Highlights & Insights¶

Upgrading contrastive learning analysis from "pointwise discrimination" to "population geometry" is a true perspective shift; all conclusions (Gibbs equilibrium, negative KL coupling) are now measure-theoretically provable, not just intuitive.
The negative symmetric KL term definitively explains the modality gap—it reframes "why the gap persists" as "this is how InfoNCE loss is structured." For practitioners, rather than designing more sophisticated hard negatives, it is more effective to directly constrain the marginals.
The two-layer analysis (intrinsic vs. parametric) plus KDE error control is a clean paradigm: first prove geometry in distribution space, then use sharp kernels to transfer conclusions back to parameter space; this can be generalized to any contrastive objective with a softmax denominator.

Limitations & Future Work¶

All proofs rely on assumptions such as compact manifolds, isotropic kernels, and sharp diagonal peaks, and are strictly valid only at very low temperatures and extremely sharp kernels; the temperatures used in practical CLIP training are not that low.
Experiments are limited to synthetic data and existing OpenCLIP models; no new models were trained from scratch using this theory to demonstrate that the modality gap can be systematically reduced.
The multimodal analysis is limited to symmetric bimodal cases; whether the coupling structure for three or more modalities is still dominated by "pairwise KL negatives" is not addressed.
The geometric framework is not directly linked to downstream metrics such as zero-shot performance or retrieval rank, so there remains a gap between theory and practical outcomes.

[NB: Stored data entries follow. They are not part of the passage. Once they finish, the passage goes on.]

// The engine's starts: one for each job. Each looks for its refusals in 01's order, and gives the first record.
#![tactic(auto)]

ghost use Rattle.std.specs.Prelude.{◌≡◌, ◌≤◌, length};
ghost use Rattle.std.specs.Result.{IfOk};
ghost use Rattle.optim_record.specs.Record.{blank_of, outcome_of};
ghost use Rattle.optim_reply.specs.Standing.{refused_of};
ghost use Rattle.optim_reply.specs.Spoken.{refusal_of, spoken_by, spoken_in};
ghost use Rattle.optim_first_record.specs.Starts.{simplex_record_of, search_record_of, gradient_record_of};
ghost use Rattle.optim_start.specs.Start.{started_of, differences_of, simplex_of, search_of, gradient_of, bfgs_of, lbfgs_of};

use linesearch_trials::Line;
use optim_record::Answered;
use protocol::{Allowances, GradientOptions, Kind, Refusal, SimplexOptions, WolfeOptions};

// A start that is refused: its record means nothing. A start's record is made in the function that answers, and no arm of a match has it for
// a value: each such move of 11 kB costs a start a fifth of its time, and as much of the stack. A fit asks for the value at its point, which
// `standing` would find again.
fn refused(why: Refusal) -> Answered
    ensures outcome { outcome_of result ≡ refused_of blank_of why.number why.detail }
    ensures spoken { spoken_in result ≡ refusal_of why.number why.detail }
{
    optim_reply::answered(optim_reply::refused(why), optim_record::blank())
}

// Starts central differences at x. A list of more than sixteen is refused with 2; of none it ends at
// once with an empty gradient.
pub fn differences(x: &[f64]) -> Answered
    ensures outcome { outcome_of result ≡ differences_of x.now }
    ensures spoken { spoken_in result ≡ spoken_by (differences_of x.now) }
{
    if 16 < x.len() {
        return refused(Refusal::new(2, 0));
    }
    let r = optim_first_record::begun_record(x);
    optim_reply::answered(optim_reply::standing(&r), r)
}

// The point of a simplex fit at x.
fn first_simplex(x: &[f64], o: SimplexOptions, a: Allowances) -> Result<[f64; 16], Refusal>
    ensures begun { started_of (λ p. simplex_record_of p (length x.now) o a) result ≡ simplex_of x.now o a }
    ensures within { IfOk result (λ _. (length x.now ≤ 16) × (o.restarts ≤ 100)) }
{
    let n = x.len();
    optim_first_record::simplex_refusal(n, o, a)?;
    let point = vector::from_slice(x, n);
    if !vector::all_finite(point, n) {
        return Err(Refusal::new(12, 1));
    }
    Ok(point)
}

// Starts a simplex fit at x. It is refused with 2, 4, 8, 9 or 12, looked for in that order.
pub fn simplex(x: &[f64], o: SimplexOptions, a: Allowances) -> Answered
    ensures outcome { outcome_of result ≡ simplex_of x.now o a }
    ensures spoken { spoken_in result ≡ spoken_by (simplex_of x.now o a) }
{
    let point = match first_simplex(x, o, a) {
        Ok(point) => point,
        Err(why) => return refused(why),
    };
    let r = optim_first_record::simplex_record(point, x.len(), o, a);
    optim_reply::answered(optim_reply::asks(r.accepted, Kind::Value, point), r)
}

// The line of a search from x along d.
fn first_search(
    x: &[f64],
    d: &[f64],
    f0: f64,
    g: &[f64],
    step: f64,
    o: WolfeOptions,
    gradients: bool,
) -> Result<Line, Refusal>
    ensures begun { started_of (λ l. search_record_of l (length x.now) step o gradients) result ≡ search_of x.now d.now f0 g.now step o gradients }
    ensures within { IfOk result (λ _. length x.now ≤ 16) }
{
    let n = x.len();
    optim_first_record::search_refusal(n, d.len(), g.len(), o)?;
    let from = vector::from_slice(x, n);
    let along = vector::from_slice(d, n);
    let slopes = vector::from_slice(g, n);
    let line = linesearch::line_from(from, along, f0, slopes, n);
    linesearch::line_refusal(n, line, step)?;
    Ok(line)
}

// Starts a search from x along d, where the value is f0 and the gradient g, with the first step `step`. It
// is refused with 2, 5, 6, 7, or 9 to 14, looked for in that order.
pub fn search(
    x: &[f64],
    d: &[f64],
    f0: f64,
    g: &[f64],
    step: f64,
    o: WolfeOptions,
    gradients: bool,
) -> Answered
    ensures outcome { outcome_of result ≡ search_of x.now d.now f0 g.now step o gradients }
    ensures spoken { spoken_in result ≡ spoken_by (search_of x.now d.now f0 g.now step o gradients) }
{
    let n = x.len();
    let line = match first_search(x, d, f0, g, step, o, gradients) {
        Ok(line) => line,
        Err(why) => return refused(why),
    };
    let r = optim_first_record::search_record(line, n, step, o, gradients);
    optim_reply::answered(optim_reply::standing(&r), r)
}

// The point of a gradient fit at x, lbfgs where `limited`, a bool as in C's `fit_gradient_refusal`. This and `first_simplex` read the
// point and look for 12 alike: one function of those four lines would, with a contract and a proof of its own, be no shorter.
fn first_gradient(
    x: &[f64],
    o: GradientOptions,
    a: Allowances,
    limited: bool,
) -> Result<[f64; 16], Refusal>
    ensures begun { started_of (λ p. gradient_record_of p (length x.now) o a limited) result ≡ gradient_of x.now o a limited }
    ensures within { IfOk result (λ _. length x.now ≤ 16) }
{
    let n = x.len();
    optim_first_record::gradient_refusal(n, o, a, limited)?;
    let point = vector::from_slice(x, n);
    if !vector::all_finite(point, n) {
        return Err(Refusal::new(12, 1));
    }
    Ok(point)
}

// Starts a gradient fit at x.
fn gradient(x: &[f64], o: GradientOptions, a: Allowances, limited: bool) -> Answered
    ensures outcome { outcome_of result ≡ gradient_of x.now o a limited }
    ensures spoken { spoken_in result ≡ spoken_by (gradient_of x.now o a limited) }
{
    let point = match first_gradient(x, o, a, limited) {
        Ok(point) => point,
        Err(why) => return refused(why),
    };
    let r = optim_first_record::gradient_record(point, x.len(), o, a, limited);
    optim_reply::answered(optim_reply::asks(r.accepted, Kind::Value, point), r)
}

// Starts a fit by bfgs at x; its memory is passed over. It is refused with 2, 4, 5, 9 or 12, looked for in
// that order.
#[tactic(auto, unfolding(crate::specs::Start::bfgs_of))]
pub fn bfgs(x: &[f64], o: GradientOptions, a: Allowances) -> Answered
    ensures outcome { outcome_of result ≡ bfgs_of x.now o a }
    ensures spoken { spoken_in result ≡ spoken_by (bfgs_of x.now o a) }
{
    gradient(x, o, a, false)
}

// Starts a fit by lbfgs at x. It is refused with 2, 3, 4, 5, 9 or 12, looked for in that order.
#[tactic(auto, unfolding(crate::specs::Start::lbfgs_of))]
pub fn lbfgs(x: &[f64], o: GradientOptions, a: Allowances) -> Answered
    ensures outcome { outcome_of result ≡ lbfgs_of x.now o a }
    ensures spoken { spoken_in result ≡ spoken_by (lbfgs_of x.now o a) }
{
    gradient(x, o, a, true)
}
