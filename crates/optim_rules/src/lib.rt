// What an answer meets, and what an accepted one moves: the refusals and the repeat rule, the counts, and each job's part. These are
// functions, and no methods of the record: those only optim_record could declare.
#![tactic(auto)]

ghost use Rattle.std.specs.Prelude.{◌≡◌, ◌≤◌, ◌<◌, length};
ghost use Rattle.optim_record.specs.Record.{Ranges};
ghost use Rattle.protocol.specs.Protocol.{refusal, as_result, simplex_mark};
ghost use Rattle.optim_rules.specs.Rules.{repeats_of, suits_of, meets_of, met_of, accepts_of, accepted_of};
ghost use Rattle.optim_rules.specs.Moves.{Worded, counted_of, simplex_told_of, search_told_of, descent_told_of};

use neldermead::Simplex;
use optim_record::{Counts, Record};
use protocol::{Kind, Refusal};
use quasinewton::Descent;

// Whether a number is that of the last accepted answer; before the first none is.
#[tactic(auto, unfolding(crate::specs::Rules::repeats_of))]
fn repeats(accepted: u64, number: u64) -> bool
    ensures { result ≡ repeats_of accepted number }
{
    accepted != 0 && number == accepted
}

// Whether an answer's kind and count of words are those of the open question.
#[tactic(auto, unfolding(crate::specs::Rules::suits_of))]
fn suits(r: Record, kind: u8, count: usize) -> bool
    ensures { result ≡ suits_of r kind count }
{
    if optim_reply::gradient_due(r) {
        kind == u8::from(Kind::Gradient) && count == r.n
    } else {
        kind == u8::from(Kind::Value) && count == 1
    }
}

// The refusal that an answer meets: 1, then the repeat rule, then 15 to 17. A repeat meets none. The kind is a letter and no `Kind`: who
// answers may tell any byte, and one that is neither V nor G is met with refusal 17. Number, kind and the count of words
// come one by one, as C tells them.
#[tactic(auto, unfolding(crate::specs::Rules::meets_of, protocol::specs::Protocol::as_result))]
pub fn meets(r: Record, number: u64, kind: u8, count: usize) -> Result<(), Refusal>
    ensures { result ≡ as_result (refusal (meets_of r number kind count) 0) }
{
    if !optim_record::valid(r) {
        return Err(Refusal::new(1, 0));
    }
    if repeats(r.accepted, number) {
        return Ok(());
    }
    if optim_reply::over(r) {
        return Err(Refusal::new(15, 0));
    }
    if number != r.accepted + 1 {
        return Err(Refusal::new(16, 0));
    }
    if !suits(r, kind, count) {
        return Err(Refusal::new(17, 0));
    }
    Ok(())
}

// Whether an answer that met this refusal, or none, is accepted: it met none, and is no repeat. No refusal of 01 has the number 0; one that
// a caller makes with it counts as none.
#[tactic(auto, unfolding(crate::specs::Rules::accepts_of, crate::specs::Rules::met_of))]
pub fn accepts(r: Record, number: u64, met: Result<(), Refusal>) -> bool
    ensures { result ≡ accepts_of r number (met_of met) }
{
    match met {
        Err(why) if why.number != 0 => false,
        _ => !repeats(r.accepted, number),
    }
}

// Both: whether an answer is accepted, or the refusal that it meets. The kind is a letter for the same reason.
#[tactic(auto, unfolding(crate::specs::Rules::accepted_of, crate::specs::Rules::met_of))]
pub fn accepted(r: Record, number: u64, kind: u8, count: usize) -> Result<bool, Refusal>
    ensures { result ≡ accepted_of r number kind count }
{
    meets(r, number, kind, count)?;
    Ok(accepts(r, number, Ok(())))
}

// The counts with one answer more.
#[tactic(auto, unfolding(crate::specs::Moves::counted_of))]
pub fn counted(r: Record) -> Counts
    requires { Ranges r }
    ensures { result ≡ counted_of r }
{
    let counts = r.counts;
    if optim_reply::gradient_due(r) {
        Counts {
            gevals: counts.gevals + 1,
            ..counts
        }
    } else {
        Counts {
            fevals: counts.fevals + 1,
            ..counts
        }
    }
}

// The simplex after an answer: its value is read.
#[tactic(auto, unfolding(crate::specs::Moves::simplex_told_of))]
pub fn simplex_told(r: Record, words: &[f64]) -> Simplex
    requires ranges { Ranges r }
    requires job_value { r.job ≡ simplex_mark }
    requires words_nonzero { 0 < length words.now }
    ensures { result ≡ simplex_told_of r words.now }
{
    let fixed = optim_reply::fixed(r);
    let f = objective::read(words[0]);
    r.simplex.told(fixed, f, r.counts.fevals + 1)
}

// The descent of the job search after an answer: the value of a trial is read, one for differences is not.
#[tactic(auto, unfolding(crate::specs::Moves::search_told_of))]
pub fn search_told(r: Record, words: &[f64]) -> Descent
    requires n_bound { r.n ≤ 16 }
    requires worded { Worded r words.now }
    ensures { result ≡ search_told_of r words.now }
{
    let mut d = r.descent;
    let line = d.line;
    let search = d.search;
    let fixed = optim_reply::search_fixed(r);
    let setup = linesearch::Setup { fixed, line };
    if optim_reply::gradient_due(r) {
        let g = vector::from_slice(words, r.n);
        d.search = linesearch::told_gradient(&setup, search, g);
        return d;
    }
    let v = words[0];
    d.search = linesearch::told(&setup, search, objective::read(v), v);
    d
}

// The descent of a gradient fit after an answer: its value is read.
#[tactic(auto, unfolding(crate::specs::Moves::descent_told_of))]
pub fn descent_told(r: Record, words: &[f64]) -> Descent
    requires n_bound { r.n ≤ 16 }
    requires worded { Worded r words.now }
    ensures { result ≡ descent_told_of r words.now }
{
    let d = r.descent;
    let fixed = optim_reply::gradient_fixed(r);
    if optim_reply::gradient_due(r) {
        let g = vector::from_slice(words, r.n);
        return quasinewton::told_gradient(fixed, d, g);
    }
    let f = objective::read(words[0]);
    quasinewton::told(fixed, d, f)
}
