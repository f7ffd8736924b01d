// Type 10: pairs of words, value then count.
ghost use Rattle.std.specs.Prelude.{◌≡◌, ◌+◌, ◌≤◌, ◌<◌, ◌^◌, length, drop};
ghost use Rattle.std.proofs.lemmas.List.Edits.{sets};
ghost use Rattle.units.specs.Counts.{word_bytes};
ghost use Rattle.units.specs.Over.{over};
ghost use Rattle.units.specs.Words.{words_to_bytes};
ghost use Rattle.cutting.specs.Pieces.{value_pieces};
ghost use Rattle.codec.specs.Leading.{leading};
ghost use Rattle.codec.specs.PairPixels.{pair_body};

use crate::put_next;
use units::Bytes;

// Writes the runs of equal pixels of a row. The loop goes by the place where a run starts: with what is left of the row in its place, and
// `run_length` of it, rows of very short runs take a tenth more time.
pub fn write_pairs(row: &[u16], out: &mut [u8]) -> Bytes
    ensures result_value { result.0 ≡ length (pair_body row.now) }
    ensures out_after { out.new ≡ over (pair_body row.now) out.old }
{
    let mut at = 0;
    let mut i = 0;
    while i < row.len() {
        let v = row[i];
        let end = run_end(row, i + 1, v);
        at = put_pairs(out, at, v, end - i);
        i = end;
    }
    Bytes(at)
}

// Where the pixels of value `v` that start at `from` end.
fn run_end(row: &[u16], from: usize, v: u16) -> usize
    requires { from ≤ length row.now }
    ensures { result ≡ from + leading v (drop from row.now) }
{
    for i in from..row.len() {
        if row[i] != v {
            return i;
        }
    }
    row.len()
}

// One run of n pixels: above 32,767 a full piece, then the pieces of the rest; up to 32,767 one piece. Each has the value before it
// (docs/CUTTING.md). Answers the place after it. One function with `put_run` is no plainer: only the loop's condition is the same.
fn put_pairs(out: &mut [u8], at: usize, v: u16, n: usize) -> usize
    requires { at + word_bytes (length (value_pieces v n)) < 2 ^ 64 }
    ensures value { result ≡ at + word_bytes (length (value_pieces v n)) }
    ensures out_after { out.new ≡ sets out.old at (words_to_bytes (value_pieces v n)) }
{
    let mut to = at;
    let mut left = n;
    while 32767 < left {
        to = put_next(out, to, v);
        to = put_next(out, to, 32767);
        left -= 32767;
    }
    to = put_next(out, to, v);
    put_next(out, to, left as u16)
}
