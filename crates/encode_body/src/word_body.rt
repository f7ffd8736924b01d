// Type 3: a word for each pixel.
ghost use Rattle.std.specs.Prelude.{◌≡◌, length};
ghost use Rattle.units.specs.Over.{over};
ghost use Rattle.codec.specs.WordPixels.{word_body};

use units::{Bytes, Words, store_words, words_to_bytes};

// Writes each pixel, low byte first.
pub fn write_words(row: &[u16], out: &mut [u8]) -> Bytes
    ensures result_value { result.0 ≡ length (word_body row.now) }
    ensures out_after { out.new ≡ over (word_body row.now) out.old }
{
    store_words(row, out);
    words_to_bytes(Words(row.len()))
}
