// The turning of a sheet that was scanned from any corner, by rows or by columns, into an upright picture, and back.
//
// A rejected call changes nothing. Otherwise the picture's places are filled, and what lies past them is left as it was. The
// turning knows nothing of files: it takes the pixels of a reading, and its orientation.
#![tactic(auto)]

ghost use Rattle.std.specs.Prelude.{◌≡◌, cond, length, ltb};
ghost use Rattle.refusals.specs.Rejections.{number_of, rejected_by};
ghost use Rattle.orient.specs.Orientation.{bit_set, width, height};
ghost use Rattle.orient.specs.Turning.{turn_rejection, upright_after, pixels_after};

use limits::{nol_rejection, ppl_rejection, slo_rejection};
use moves::move_pixels;
use refusals::Rejection;

// The bits of the orientation (SLO): the first pixel is at the right, and at the bottom; lines are rows.
const AT_RIGHT: u32 = 1;

const AT_BOTTOM: u32 = 2;

const LINES_ARE_ROWS: u32 = 4;

// Both ways take the orientation and the sides as three numbers, as the C interface does. Each moves the pixels itself: they differ in
// the move of columns alone, and a switch between the two moves is no plainer.

// Turns a sheet of nol lines of ppl pixels into the upright picture.
pub fn turn(
    slo: u32,
    ppl: u32,
    nol: u32,
    pixels: &[u16],
    upright: &mut [u16],
) -> Result<(), Rejection>
    ensures value { rejected_by result ≡ turn_rejection slo ppl nol (length pixels.now) (length upright.old) }
    ensures upright_after { upright.new ≡ upright_after slo ppl nol pixels.now upright.old }
{
    turn_rejection(slo, ppl, nol, pixels.len(), upright.len())?;
    let right = bit_set(AT_RIGHT, slo);
    let bottom = bit_set(AT_BOTTOM, slo);
    if bit_set(LINES_ARE_ROWS, slo) {
        move_pixels(false, right, bottom, ppl, nol, pixels, upright);
    } else {
        move_pixels(true, right, bottom, nol, ppl, pixels, upright);
    }
    Ok(())
}

// Turns an upright picture back into the sheet of nol lines of ppl pixels. To columns the sides, and what they are mirrored by, are
// exchanged.
pub fn turn_back(
    slo: u32,
    ppl: u32,
    nol: u32,
    upright: &[u16],
    pixels: &mut [u16],
) -> Result<(), Rejection>
    ensures value { rejected_by result ≡ turn_rejection slo ppl nol (length upright.now) (length pixels.old) }
    ensures pixels_after { pixels.new ≡ pixels_after slo ppl nol upright.now pixels.old }
{
    turn_rejection(slo, ppl, nol, upright.len(), pixels.len())?;
    let right = bit_set(AT_RIGHT, slo);
    let bottom = bit_set(AT_BOTTOM, slo);
    if bit_set(LINES_ARE_ROWS, slo) {
        move_pixels(false, right, bottom, ppl, nol, upright, pixels);
    } else {
        move_pixels(true, bottom, right, ppl, nol, upright, pixels);
    }
    Ok(())
}

// The sides of the upright picture, in pixels.
#[derive(Clone, Copy, Debug, PartialEq, Eq)]
pub struct PictureSize {
    pub width: u32,
    pub height: u32,
}

// The sides that a sheet of nol lines of ppl pixels has when it is upright.
pub fn picture_size(slo: u32, ppl: u32, nol: u32) -> PictureSize
    ensures width_value { result.width ≡ width slo ppl nol }
    ensures height_value { result.height ≡ height slo ppl nol }
{
    if bit_set(LINES_ARE_ROWS, slo) {
        return PictureSize {
            width: ppl,
            height: nol,
        };
    }
    PictureSize {
        width: nol,
        height: ppl,
    }
}

// The rejection of a call, where a buffer of `read` pixels is read and one of `filled` pixels is filled.
#[tactic(auto, unfolding(crate::specs::Turning::turn_rejection))]
fn turn_rejection(slo: u32, ppl: u32, nol: u32, read: usize, filled: usize) -> Result<(), Rejection>
    ensures { rejected_by result ≡ turn_rejection slo ppl nol read filled }
{
    slo_rejection(slo)?;
    ppl_rejection(ppl)?;
    nol_rejection(nol)?;
    let size = (nol as usize) * (ppl as usize);
    shorter(read, size, Rejection::PixelRoom)?;
    shorter(filled, size, Rejection::UprightRoom)
}

// The rejection where a buffer is shorter than the picture.
fn shorter(length: usize, size: usize, rejection: Rejection) -> Result<(), Rejection>
    ensures { rejected_by result ≡ cond (ltb length size) (number_of rejection) 0 }
{
    if length < size {
        Err(rejection)
    } else {
        Ok(())
    }
}

// Whether the bit of the orientation is set that the mask has.
#[tactic(auto, unfolding(crate::specs::Orientation::bit_set))]
fn bit_set(mask: u32, slo: u32) -> bool
    ensures { result ≡ bit_set mask slo }
{
    slo & mask != 0
}
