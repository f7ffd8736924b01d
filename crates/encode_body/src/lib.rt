// The bytes of scanlines' bodies, by data type: the one place of this direction that knows the data types, with a module
// for each.
//
// A body's bytes are put over the start of the buffer that is lent, as far as that goes, and the answer is how many bytes
// the body has. Lent no byte a writer only counts, so that a length is known before a byte is stored.
#![tactic(auto)]

mod byte_body;
mod measuring;
mod pair_body;
mod run_body;
mod word_body;

ghost use Rattle.std.specs.Prelude.{◌≡◌, ◌+◌, ◌<◌, ◌^◌, length};
ghost use Rattle.std.proofs.lemmas.List.Edits.{sets};
ghost use Rattle.units.specs.Counts.{word_bytes};
ghost use Rattle.units.specs.Over.{over};
ghost use Rattle.units.specs.Words.{two_bytes};
ghost use Rattle.codec.specs.Table.{codec_of, body_bytes};

use byte_body::write_bytes;
use encode_packed::write_packed;
use pair_body::write_pairs;
use run_body::write_runs;
use units::{Bytes, Words, put_word, words_to_bytes};
use word_body::write_words;

// Puts the body of a row over the start of the output. Any other data type has no bytes.
#[tactic(auto, using(codec::proofs::Laws::Table::no_codec_lem, units::proofs::Laws::Over::over_nil), unfolding(codec::specs::Table::codec_of))]
pub fn write_body(dtc: u16, scn: u8, row: &[u16], out: &mut [u8]) -> Bytes
    ensures result_value { result.0 ≡ length (body_bytes dtc scn row.now) }
    ensures out_after { out.new ≡ over (body_bytes dtc scn row.now) out.old }
{
    match dtc {
        1 => write_packed(row, out),
        2 => write_bytes(scn, row, out),
        3 => write_words(row, out),
        9 => write_runs(row, out),
        10 => write_pairs(row, out),
        _ => Bytes(0),
    }
}

// How many bytes the body of a row has.
pub fn body_size(dtc: u16, scn: u8, row: &[u16]) -> Bytes
    ensures { result.0 ≡ length (body_bytes dtc scn row.now) }
{
    let mut none = [0u8; 0];
    write_body(dtc, scn, row, &mut none)
}

// The highest pixel that can be written.
#[tactic(auto, using(codec::proofs::Laws::Table::no_codec_lem), unfolding(codec::specs::Table::codec_of))]
pub fn highest(dtc: u16) -> u16
    ensures { result ≡ (codec_of dtc).highest }
{
    match dtc {
        1 => 1,
        2 => 255,
        3 => 65535,
        9 => 1,
        10 => 65535,
        _ => 0,
    }
}

// Stores a word and answers the place after it. The buffer and the place stay two parameters: a struct that holds a `&mut` is no
// plainer, as each method would ensure that it stays the same one.
fn put_next(out: &mut [u8], at: usize, w: u16) -> usize
    requires { at + word_bytes 1 < 2 ^ 64 }
    ensures value { result ≡ at + word_bytes 1 }
    ensures out_after { out.new ≡ sets out.old at (two_bytes w) }
{
    put_word(out, at, w);
    at + words_to_bytes(Words(1)).0
}
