// Type 9: words, alternately OFF and ON runs.
ghost use Rattle.std.specs.Prelude.{◌≡◌, ◌+◌, ◌<◌, ◌^◌, length};
ghost use Rattle.std.proofs.lemmas.List.Edits.{sets};
ghost use Rattle.units.specs.Counts.{word_bytes};
ghost use Rattle.units.specs.Over.{over};
ghost use Rattle.units.specs.Words.{words_to_bytes};
ghost use Rattle.cutting.specs.Pieces.{level_pieces};
ghost use Rattle.codec.specs.RunPixels.{run_body};

use crate::measuring::run_length;
use crate::put_next;
use units::Bytes;

// Writes the runs of a row of 0 and 1.
pub fn write_runs(row: &[u16], out: &mut [u8]) -> Bytes
    ensures result_value { result.0 ≡ length (run_body row.now) }
    ensures out_after { out.new ≡ over (run_body row.now) out.old }
{
    let first = run_length(row, 0);
    let mut at = put_run(out, 0, first);
    // the pixels after the first OFF run, which can be empty, and the level of the run that they start with
    let mut rest = &row[first..];
    let mut level: u16 = 1;
    while !rest.is_empty() {
        let n = 1 + run_length(&rest[1..], level);
        at = put_run(out, at, n);
        rest = &rest[n..];
        level = 1 - level;
    }
    if level == 1 {
        return Bytes(at);
    }
    // after an ON run, an empty OFF run ends the line
    Bytes(put_next(out, at, 0))
}

// One run of n pixels: above 32,767 a full piece, an empty run of the other level, then the pieces of the rest; up to 32,767 one
// piece (docs/CUTTING.md). Answers the place after it.
fn put_run(out: &mut [u8], at: usize, n: usize) -> usize
    requires { at + word_bytes (length (level_pieces n)) < 2 ^ 64 }
    ensures value { result ≡ at + word_bytes (length (level_pieces n)) }
    ensures out_after { out.new ≡ sets out.old at (words_to_bytes (level_pieces n)) }
{
    let mut to = at;
    let mut left = n;
    while 32767 < left {
        to = put_next(out, to, 32767);
        to = put_next(out, to, 0);
        left -= 32767;
    }
    put_next(out, to, left as u16)
}
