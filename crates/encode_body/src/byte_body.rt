// Type 2: a byte for each pixel.
ghost use Rattle.std.specs.Prelude.{◌≡◌, length};
ghost use Rattle.units.specs.Over.{over};
ghost use Rattle.codec.specs.BytePixels.{byte_body};

use slices::narrow;
use units::{Bytes, put_byte};

// Writes the low byte of each pixel, and with headers (`scn` 1) a spare byte 0 after an odd number of them.
pub fn write_bytes(scn: u8, row: &[u16], out: &mut [u8]) -> Bytes
    ensures result_value { result.0 ≡ length (byte_body scn row.now) }
    ensures out_after { out.new ≡ over (byte_body scn row.now) out.old }
{
    let p = row.len();
    narrow(row, out);
    if scn == 1 && p % 2 == 1 {
        put_byte(out, p, 0);
        return Bytes(p + 1);
    }
    Bytes(p)
}
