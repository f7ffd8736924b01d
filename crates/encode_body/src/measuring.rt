// Runs of equal pixels in a row.
ghost use Rattle.std.specs.Prelude.{◌≡◌, ◌≤◌, length};
ghost use Rattle.codec.specs.Leading.{leading};

// How many pixels at the start have the value `v`.
pub fn run_length(pixels: &[u16], v: u16) -> usize
    ensures value { result ≡ leading v pixels.now }
    ensures within { result ≤ length pixels.now }
{
    pixels.iter().take_while(|pixel| **pixel == v).count()
}
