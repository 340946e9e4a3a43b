//! Why validating a table file fails.
use mh_validate_valid::Reason;

/// Why validating a table file fails.
#[derive(Clone, Copy)]
pub enum ValidFault {
    /// The file is not valid for the grammar: the first failing test, and the state at which it fails, if the test is
    /// one of a state.
    Invalid { state: Option<u32>, reason: Reason },
    /// Memory ran out.
    Memory,
}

vs Wang & Isola 2020 (alignment-uniformity): This work shows that uniformity is not a global force but an entropy selector within the basin, refining rather than overturning the original perspective.
vs Liang et al. 2022 (modality gap): They first empirically demonstrated the modality gap and attributed it to the cone effect and initialization; this work provides a first-principles geometric explanation.
vs Identifiability works (Zimmermann 2021): Those works answer "what can be learned," while this work answers "what geometry the objective prefers," offering complementary perspectives.
vs Brumley / Park 2024 (LRH): Both CRH and this work advance the study of representation geometry; CRH focuses on steering, while this work focuses on the population energy of the training objective, sharing a common conceptual lineage.

Rating¶

Novelty: ⭐⭐⭐⭐⭐ The conclusions "InfoNCE = population energy" and "modality gap = negative symmetric KL" are both theoretical firsts and represent a structural upgrade for the community's perspective.
Experimental Thoroughness: ⭐⭐⭐ Experiments serve the theory and are concise, without systematic validation on large-scale training.
Writing Quality: ⭐⭐⭐⭐ Measure-theoretic notation is rigorous, and the authors thoughtfully present the unimodal-multimodal duality, though the entry barrier is high.
Value: ⭐⭐⭐⭐⭐ Provides directional significance for future research in contrastive learning and multimodal alignment, clearly stating that "pairwise tuning alone cannot eliminate the gap."